IPython Kernel Extension
- The kernel extension is an importable Python module called
sparkmonitor.kernelextension
- It is configured to load when the IPython kernel process starts.
- The extension acts as a bridge between the frontend and the SparkListener callback interface.
- To communicate with the SparkListener the extension opens a socket and waits for connections.
- The port of the socket is exported as an environment variable. When a Spark application starts, the custom SparkListener connects to this port and forwards data.
- To communicate with the frontend the extension uses the IPython Comm API provided by Jupyter.
- The extension also adds to the users namespace a SparkConf instance named as
conf
. This object is configured with the Spark properties that makes Spark load the custom SparkListener as well as adds the necessary JAR file paths to the Java class path.
- Written in Scala.
- The listener receives notifications of Apache Spark application lifecycle events as callbacks.

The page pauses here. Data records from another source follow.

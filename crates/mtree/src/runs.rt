// Runs of the top call on scripts in memory.

use outside::{CalmSource, Gate, MemSink, Sink, Source};
use std::alloc::{AllocError, Global};
use std::sync::Wait;
use std::thread::Threads;
use top_call::{Ending, alone, asks_race, mtree};

/// The usage line.
pub(crate) const USAGE: &str = "usage: mtree run | race | make SEED | demo SEED\n";

/// Room for every text here.
pub(crate) const ROOM: usize = 65_536;

/// The words between single spaces, and none of an empty text.
pub(crate) fn words_of(alloc: Global, text: &str) -> Result<Vec<String>, AllocError> {
    let mut words = Vec::new(alloc);
    if !text.is_empty() {
        for word in text.split(' ') {
            words.push(String::from_str(alloc, word)?)?;
        }
    }
    Ok(words)
}

/// How the top call ends without other threads. The one word `race`, which wants them, is no case here.
fn ending<S: Source, K: Sink>(
    alloc: Global,
    words: &[String],
    source: &mut S,
    sink: &mut K,
) -> Ending {
    if asks_race(words) {
        return Ending::Usage;
    }
    alone(alloc, words, source, sink)
}

/// The same for these words.
pub(crate) fn end_of<S: Source, K: Sink>(
    alloc: Global,
    words: &str,
    source: &mut S,
    sink: &mut K,
) -> Result<Ending, AllocError> {
    let words = words_of(alloc, words)?;
    Ok(ending(alloc, words.as_slice(), source, sink))
}

/// How it ends with other threads, for these words, and whether it keeps a machine.
pub(crate) fn end_in_threads<R: Threads + Wait + Sync, S: Source, K: Sink, G: Gate>(
    rt: &R,
    alloc: Global,
    words: &[String],
    source: &mut S,
    sink: &mut K,
    gate: &G,
) -> (Ending, bool) {
    let mut kept = None;
    let ending = mtree(rt, alloc, words, source, sink, gate, &mut kept);
    (ending, kept.is_some())
}

/// How `run` ended of this source, and how many of the bytes of a text it wrote into this much room; `None` where it wrote others.
pub(crate) fn run_into<S: Source>(
    alloc: Global,
    source: &mut S,
    text: &str,
    room: usize,
    failing_write: u32,
) -> Result<Option<(Ending, usize)>, AllocError> {
    let fails = [failing_write].to_vec(alloc)?;
    let mut sink = MemSink::new(alloc, room, fails)?;
    let ending = end_of(alloc, "run", source, &mut sink)?;
    let written = sink.written();
    Ok(if text.as_bytes().starts_with(written) {
        Some((ending, written.len()))
    } else {
        None
    })
}

/// Whether the program ends so for these words and this script, and writes this text into this much room.
pub(crate) fn says(
    alloc: Global,
    (words, script): (&str, &[u8]),
    room: usize,
    (want, text): (Ending, &str),
) -> Result<bool, AllocError> {
    let mut source = CalmSource::new(script.to_vec(alloc)?);
    let mut sink = MemSink::new(alloc, room, Vec::new(alloc))?;
    let ending = end_of(alloc, words, &mut source, &mut sink)?;
    Ok(ending == want && sink.written() == text.as_bytes())
}
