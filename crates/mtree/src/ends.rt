// The top call over ends that fail, give little, or take little, and its answers to other words.

use crate::runs::{ROOM, USAGE, end_in_threads, end_of, run_into, says, words_of};
use mem_base::{BadScript, Cause};
use outside::{CalmSource, MemSink, MemSource, OpenGate, StdSink, StdSource};
use std::alloc::{AllocError, Global};
use std::io::{self, ErrorKind, Read, Write};
use std::process::ExitCode;
use std::sync::Wait;
use std::thread::Threads;
use top_call::{Ending, exit_code};

/// The map of the manual's picture, on a machine with the least memory.
const SCRIPT: &str = "machine 4K\n\
                  region A container 0x8000\n\
                  region B container 0x4000\n\
                  region C io 0x6000 latch\n\
                  region D io 0x1000 latch\n\
                  region E io 0x1000 latch\n\
                  add A 0x2000 B prio 2\n\
                  add A 0 C prio 1\n\
                  add B 0 D\n\
                  add B 0x2000 E\n\
                  space S A\n\
                  show S\n";

/// What it writes: 6 lines, which end at the bytes 10, 25, 43, 64, 82 and 103.
const TEXT: &str = "view S g5\n\
                    0-1fff C @0 io\n\
                    2000-2fff D @0 io\n\
                    3000-3fff C @3000 io\n\
                    4000-4fff E @0 io\n\
                    5000-5fff C @5000 io\n";

const ALL: usize = 103;

/// Lines of many forms.
const FORMS: &str = "machine 16K\n\
                 region R ram 0x1000\n\
                 region M iommu 0x1000\n\
                 region D io 8 latch valid 1-4 impl 2-4 big\n\
                 space mem R\n\
                 space bus M\n\
                 load R 0x10 a1a2\n\
                 map M 0 0x1000 mem 0 rw\n\
                 watch W M 0 0xfff\n\
                 event D 0 4 7 data 0x55\n\
                 v0 read bus 0x10 2\n\
                 v0 dma mem 0 4 to bus 8\n\
                 log R vga on\n\
                 dirty R vga\n";

/// A reader that gives one byte a call.
#[derive(Drop)]
struct Drip<'a>(&'a [u8]);

impl Read for Drip<'_> {
    fn read(&mut self, buf: &mut [u8]) -> io::Result<usize> {
        let count = buf.len().min(1);
        self.0.read(&mut buf[..count])
    }
}

/// A reader that gives one byte a call, and fails where it has none left.
#[derive(Drop)]
struct Broken<'a>(&'a [u8]);

impl Read for Broken<'_> {
    fn read(&mut self, buf: &mut [u8]) -> io::Result<usize> {
        if self.0.is_empty() {
            return Err(io::Error::from(ErrorKind::UnexpectedEof));
        }
        let count = buf.len().min(1);
        self.0.read(&mut buf[..count])
    }
}

/// A writer that takes one byte a call.
#[derive(Drop)]
struct Slow<'a>(&'a mut Vec<u8>);

impl Write for Slow<'_> {
    fn write(&mut self, buf: &[u8]) -> io::Result<usize> {
        let count = buf.len().min(1);
        self.0.write(&buf[..count])
    }

    fn flush(&mut self) -> io::Result<()> {
        Ok(())
    }
}

/// Whether the whole text is written of a reader that gives one byte a call.
fn drips(alloc: Global) -> Result<bool, AllocError> {
    let mut source = StdSource::new(Drip(SCRIPT.as_bytes()));
    let ended = run_into(alloc, &mut source, TEXT, ROOM, 0)?;
    Ok(ended == Some((Ending::Done, ALL)))
}

#[test]
fn a_byte_a_call_gives_the_same_text(rt: HostRuntime) {
    assert!(rt; drips(rt.alloc()) == Ok(true));
}

/// Whether a writer that takes one byte a call gets the whole text.
fn goes_slowly(alloc: Global) -> Result<bool, AllocError> {
    let mut source = CalmSource::new(SCRIPT.as_bytes().to_vec(alloc)?);
    let mut written = Vec::new(alloc);
    let mut sink = StdSink::new(Slow(&mut written));
    let ending = end_of(alloc, "run", &mut source, &mut sink)?;
    Ok(ending == Ending::Done && written.as_slice() == TEXT.as_bytes())
}

#[test]
fn a_writer_that_takes_a_byte_a_call_gets_the_same_text(rt: HostRuntime) {
    assert!(rt; goes_slowly(rt.alloc()) == Ok(true));
}

/// Whether nothing is written where a reader breaks after these bytes.
fn breaks_after(alloc: Global, front: &[u8]) -> Result<bool, AllocError> {
    let mut source = StdSource::new(Broken(front));
    let ended = run_into(alloc, &mut source, TEXT, ROOM, 0)?;
    Ok(ended == Some((Ending::ReadFault, 0)))
}

/// The first number of bytes of the script after which something is.
fn first_unbroken(alloc: Global) -> Result<Option<usize>, AllocError> {
    for (count, _) in SCRIPT.as_bytes().iter().enumerate() {
        if !breaks_after(alloc, &SCRIPT.as_bytes()[..count])? {
            return Ok(Some(count));
        }
    }
    Ok(None)
}

#[test]
fn a_reader_that_breaks_after_any_byte_has_nothing_written(rt: HostRuntime) {
    let count = first_unbroken(rt.alloc());
    assert!(rt; count == Ok(None), "{count:?} bytes");
}

/// How the script ends over a writer that has this room and no more.
fn end_in(alloc: Global, room: &mut [u8]) -> Result<Ending, AllocError> {
    let mut source = CalmSource::new(SCRIPT.as_bytes().to_vec(alloc)?);
    let mut sink = StdSink::new(room);
    end_of(alloc, "run", &mut source, &mut sink)
}

/// Whether the room for the first bytes, one more each time, is filled by the text, up to that for all.
fn fills_all(alloc: Global, room: &mut Vec<u8>) -> Result<bool, AllocError> {
    for byte in TEXT.as_bytes() {
        let ending = end_in(alloc, room.as_mut_slice())?;
        if ending != Ending::WriteFault || !TEXT.as_bytes().starts_with(room.as_slice()) {
            return Ok(false);
        }
        room.push(!*byte)?;
    }
    let ending = end_in(alloc, room.as_mut_slice())?;
    Ok(ending == Ending::Done && room.as_slice() == TEXT.as_bytes())
}

/// The same from no room on.
fn fills(alloc: Global) -> Result<bool, AllocError> {
    let mut room = Vec::new(alloc);
    let is_so = fills_all(alloc, &mut room);
    is_so
}

#[test]
fn a_writer_that_is_full_after_any_byte_has_the_text_up_to_there(rt: HostRuntime) {
    assert!(rt; fills(rt.alloc()) == Ok(true));
}

/// The number of the read that fails, that of the write that fails, the room, the ending, and how many bytes are written. Calls are
/// counted from 1, so call 0 never fails.
type Row = (u32, u32, usize, Ending, usize);

/// The first call gives the whole script, the second the end of input.
static READS: [Row; 3] = [
    (1, 0, ROOM, Ending::ReadFault, 0),
    (2, 0, ROOM, Ending::ReadFault, 0),
    (3, 0, ROOM, Ending::Done, ALL),
];

/// Each line is one write.
static WRITES: [Row; 7] = [
    (0, 1, ROOM, Ending::WriteFault, 0),
    (0, 2, ROOM, Ending::WriteFault, 10),
    (0, 3, ROOM, Ending::WriteFault, 25),
    (0, 4, ROOM, Ending::WriteFault, 43),
    (0, 5, ROOM, Ending::WriteFault, 64),
    (0, 6, ROOM, Ending::WriteFault, 82),
    (0, 7, ROOM, Ending::Done, ALL),
];

static ROOMS: [Row; 6] = [
    (0, 0, 0, Ending::WriteFault, 0),
    (0, 0, 9, Ending::WriteFault, 0),
    (0, 0, 10, Ending::WriteFault, 10),
    (0, 0, 24, Ending::WriteFault, 10),
    (0, 0, 102, Ending::WriteFault, 82),
    (0, 0, 103, Ending::Done, ALL),
];

/// Whether a row is so.
fn is_row(alloc: Global, row: &Row) -> Result<bool, AllocError> {
    let (failing_read, failing_write, room, want, len) = *row;
    let fails = [failing_read].to_vec(alloc)?;
    let mut source = MemSource::new(SCRIPT.as_bytes().to_vec(alloc)?, fails);
    let ended = run_into(alloc, &mut source, TEXT, room, failing_write)?;
    Ok(ended == Some((want, len)))
}

/// The number of the first row that is not.
fn first_other(alloc: Global, rows: &[Row]) -> Result<Option<usize>, AllocError> {
    for (i, row) in rows.iter().enumerate() {
        if !is_row(alloc, row)? {
            return Ok(Some(i));
        }
    }
    Ok(None)
}
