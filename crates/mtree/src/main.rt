//! The program `mtree`: it reads a script, does its commands over the memory map of a machine, and writes what
//! they answer.
//!
//! `main` hands the words, the standard input and the standard output of the process to the top call (`top_call`), which does
//! all the rest.
//!
//! Its tests show what no clause says: the top call over ends in memory that fail, give little or take little; that threads which are started
//! at once go on beside each other and end; and that a race which has all memory that it asks for is done. What is written for scripts is
//! tested by the program `worked_scripts`.
#![tactic(auto)]

#[cfg(test)]
mod ends;
#[cfg(test)]
mod gates;
#[cfg(test)]
mod races;
#[cfg(test)]
mod rows;
#[cfg(test)]
mod runs;

use outside::{StdSink, StdSource};
use std::alloc::{AllocError, Global};
use std::env::Args;
use std::io;
use std::io::ErrorKind;
use std::process::ExitCode;
use top_call::{Ending, exit_code};

// The words after the program's name; none where one of them is not UTF-8, which no form of words has.
fn words_of(alloc: Global, args: io::Result<Args>) -> Result<Vec<String>, AllocError> {
    match args {
        Ok(args) => args.skip(1).collect::<Vec<String>>(alloc),
        Err(error) => match error.kind() {
            ErrorKind::OutOfMemory => Err(AllocError),
            _ => Ok(Vec::new(alloc)),
        },
    }
}

fn main(rt: HostRuntime) -> ExitCode {
    let words = match words_of(rt.alloc(), std::env::args(&rt)) {
        Ok(words) => words,
        Err(_) => return ExitCode::from(Ending::Memory.status()),
    };
    let mut source = StdSource::new(rt.reader());
    let mut sink = StdSink::new(io::writer(&rt));
    exit_code(&rt, rt.alloc(), words.as_slice(), &mut source, &mut sink)
}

- The custom implementation used in this extension connects to a socket opened by the IPython kernel extension.
- All the data is forwarded to the kernel through this socket which forwards it to the frontend JavaScript.
The Notebook Webserver Extension - A Spark Web UI proxy
- Written in Python.
- This module proxies the Spark UI running typically on 127.0.0.1:4040 to the user through Jupyter’s web server.
- Jupyter notebook is based on the Tornado web server back end. Tornado is a Python webserver.
- Jupyter webserver extensions are custom request handlers sub-classing the
IPythonHandler
class. They provide custom endpoints with additional content.
- This module provides the Spark UI as an endpoint at
notebook_base_url/sparkmonitor
.
- In the front end extension, the Spark UI can also be accessed as an IFrame dialog through the monitoring display.
- For the Spark UI web application to work as expected, the server extension replaces all relative URLs in the requested page, adding the endpoints base URL to each.